> [Data provided]:
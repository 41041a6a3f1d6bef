//! The object of a call.

ghost use Rattle.std.specs.Prelude.{◌∷◌, [], codes};
ghost use Rattle.trace.specs.CallObject.{call_object, report};
ghost use Rattle.trace.specs.CallObject as spec;
ghost use Rattle.trace.specs.Members.{object, body_member, flag_member, number_member, text_member, number_if};
ghost use Rattle.trace.specs.Telling.{Tells};

use crate::draft::{Part, Teller, widened};
use arn_ids::{Checked, EnvNo, Text};
use bytes::Bytes;
use call_model::{Call, function_name};

/// Tells the header X-Amzn-Trace-Id that came with an Invoke, if one came.
fn say_trace_if(teller: &mut Teller, trace: &Option<Text>)
    ensures { Tells (spec.trace_if trace.now) teller.old teller.new }
{
    if let Some(trace) = trace {
        teller.say_text("trace", trace.as_str());
    }
}

fn say_invoke(
    teller: &mut Teller,
    name: &str,
    qualified: bool,
    trace: &Option<Text>,
    bodies: bool,
    body: &Bytes,
)
    ensures { Tells (object (body_member bodies body.now ∷ text_member (codes "function") name.now
        ∷ spec.kind (codes "invoke") ∷ flag_member (codes "qualified") qualified ∷ spec.trace_if trace.now ∷ []))
        teller.old teller.new }
{
    teller.say_all(&[Part::Open]);
    teller.say_body(bodies, Some(body));
    teller.say_text("function", name);
    teller.say_all(&[
        Part::Key("kind"),
        Part::Word("invoke"),
        Part::Key("qualified"),
        Part::Flag(qualified),
    ]);
    say_trace_if(teller, trace);
    teller.say_all(&[Part::Close]);
}

fn say_report(
    teller: &mut Teller,
    bodies: bool,
    word: &'static str,
    named: &'static str,
    env: EnvNo,
    count: u64,
    body: &Bytes,
)
    ensures { Tells (report bodies word.now named.now env count body.now) teller.old teller.new }
{
    teller.say_around(
        &[Part::Open],
        bodies,
        Some(body),
        &[
            Part::Key("environment"),
            Part::Number(u64::from(env)),
            Part::Key(named),
            Part::Number(count),
            Part::Key("kind"),
            Part::Word(word),
            Part::Close,
        ],
    )
}

fn say_init_failure(teller: &mut Teller, bodies: bool, env: EnvNo, body: &Bytes)
    ensures { Tells (object (body_member bodies body.now ∷ spec.environment env
        ∷ spec.kind (codes "init-failure") ∷ [])) teller.old teller.new }
{
    teller.say_around(
        &[Part::Open],
        bodies,
        Some(body),
        &[
            Part::Key("environment"),
            Part::Number(u64::from(env)),
            Part::Key("kind"),
            Part::Word("init-failure"),
            Part::Close,
        ],
    )
}

/// Tells a call that has no more than its kind.
fn say_kind(teller: &mut Teller, word: &'static str)
    ensures { Tells (object (spec.kind word.now ∷ [])) teller.old teller.new }
{
    teller.say_all(&[Part::Open, Part::Key("kind"), Part::Word(word), Part::Close]);
}

/// Tells a call that names an environment alone.
fn say_environment(teller: &mut Teller, word: &'static str, env: EnvNo)
    ensures { Tells (object (spec.environment env ∷ spec.kind word.now ∷ [])) teller.old teller.new }
{
    teller.say_all(&[
        Part::Open,
        Part::Key("environment"),
        Part::Number(u64::from(env)),
        Part::Key("kind"),
        Part::Word(word),
        Part::Close,
    ]);
}

/// Tells a call that names an environment, and an invocation or an extension there.
fn say_counted(teller: &mut Teller, word: &'static str, named: &'static str, env: EnvNo, count: u64)
    ensures { Tells (object (spec.environment env ∷ number_member named.now count ∷ spec.kind word.now ∷ []))
        teller.old teller.new }
{
    teller.say_all(&[
        Part::Open,
        Part::Key("environment"),
        Part::Number(u64::from(env)),
        Part::Key(named),
        Part::Number(count),
        Part::Key("kind"),
        Part::Word(word),
        Part::Close,
    ]);
}

fn say_register(
    teller: &mut Teller,
    env: EnvNo,
    name: &Text,
    invoke: bool,
    shutdown: bool,
    account: bool,
)
    ensures { Tells (object (flag_member (codes "account") account ∷ spec.environment env
        ∷ flag_member (codes "invoke") invoke ∷ spec.kind (codes "register")
        ∷ text_member (codes "name") name.now ∷ flag_member (codes "shutdown") shutdown ∷ []))
        teller.old teller.new }
{
    teller.say_all(&[
        Part::Open,
        Part::Key("account"),
        Part::Flag(account),
        Part::Key("environment"),
        Part::Number(u64::from(env)),
        Part::Key("invoke"),
        Part::Flag(invoke),
        Part::Key("kind"),
        Part::Word("register"),
    ]);
    teller.say_text("name", name.as_str());
    teller.say_all(&[Part::Key("shutdown"), Part::Flag(shutdown), Part::Close]);
}

fn say_withdraw(teller: &mut Teller, ticket: u64)
    ensures { Tells (object (spec.kind (codes "withdraw") ∷ number_member (codes "ticket") ticket ∷ []))
        teller.old teller.new }
{
    teller.say_all(&[
        Part::Open,
        Part::Key("kind"),
        Part::Word("withdraw"),
        Part::Key("ticket"),
        Part::Number(ticket),
        Part::Close,
    ]);
}

fn say_reserve(teller: &mut Teller, name: &str, count: Option<u32>)
    ensures { Tells (object (number_if (codes "count") count ∷ text_member (codes "function") name.now
        ∷ spec.kind (codes "reserve") ∷ [])) teller.old teller.new }
{
    teller.say_all(&[Part::Open]);
    teller.say_number_if("count", widened(count));
    teller.say_text("function", name);
    teller.say_all(&[Part::Key("kind"), Part::Word("reserve"), Part::Close]);
}

/// Tells the object of a call.
#[tactic(auto, unfolding(crate::specs::CallObject::call_object))]
pub(crate) fn say_call(teller: &mut Teller, config: &Checked, bodies: bool, call: &Call)
    ensures { Tells (call_object bodies config.now call.now) teller.old teller.new }
{
    match call {
        Call::Invoke {
            function,
            qualified,
            trace,
            body,
        } => {
            let name = function_name(config, *function);
            say_invoke(teller, name, *qualified, trace, bodies, body)
        }
        Call::RuntimeNext { env } => say_environment(teller, "next", *env),
        Call::Response { env, id, body } => {
            say_report(teller, bodies, "response", "id", *env, *id, body)
        }
        Call::ResponseTooLarge { env, id } => {
            say_counted(teller, "response-too-large", "id", *env, *id)
        }
        Call::Failure { env, id, body } => {
            say_report(teller, bodies, "failure", "id", *env, *id, body)
        }
        Call::InitFailure { env, body } => say_init_failure(teller, bodies, *env, body),
        Call::Register {
            env,
            name,
            invoke,
            shutdown,
            account,
        } => say_register(teller, *env, name, *invoke, *shutdown, *account),
        Call::ExtNext { env, ext } => say_counted(teller, "ext-next", "extension", *env, *ext),
        Call::ExtInitFailure { env, ext, body } => say_report(
            teller,
            bodies,
            "ext-init-failure",
            "extension",
            *env,
            *ext,
            body,
        ),
        Call::ExtExitFailure { env, ext, body } => say_report(
            teller,
            bodies,
            "ext-exit-failure",
            "extension",
            *env,
            *ext,
            body,
        ),
        Call::Tick => say_kind(teller, "tick"),
        Call::Withdraw { ticket } => say_withdraw(teller, *ticket),
        Call::Spindown { env } => say_environment(teller, "spindown", *env),
        Call::Stop => say_kind(teller, "stop"),
        Call::Expire { env } => say_environment(teller, "expire", *env),
        Call::Reserve { function, count } => say_reserve(
            teller,
            function_name(config, *function),
            *count,
        ),
    }
}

> [Your objective]:
Where does the string "qualified" occur in the material? Copy every line where it does.

> [Task result]:
    qualified: bool,
        ∷ spec.kind (codes "invoke") ∷ flag_member (codes "qualified") qualified ∷ spec.trace_if trace.now ∷ []))
        Part::Key("qualified"),
        Part::Flag(qualified),
            qualified,
            say_invoke(teller, name, *qualified, trace, bodies, body)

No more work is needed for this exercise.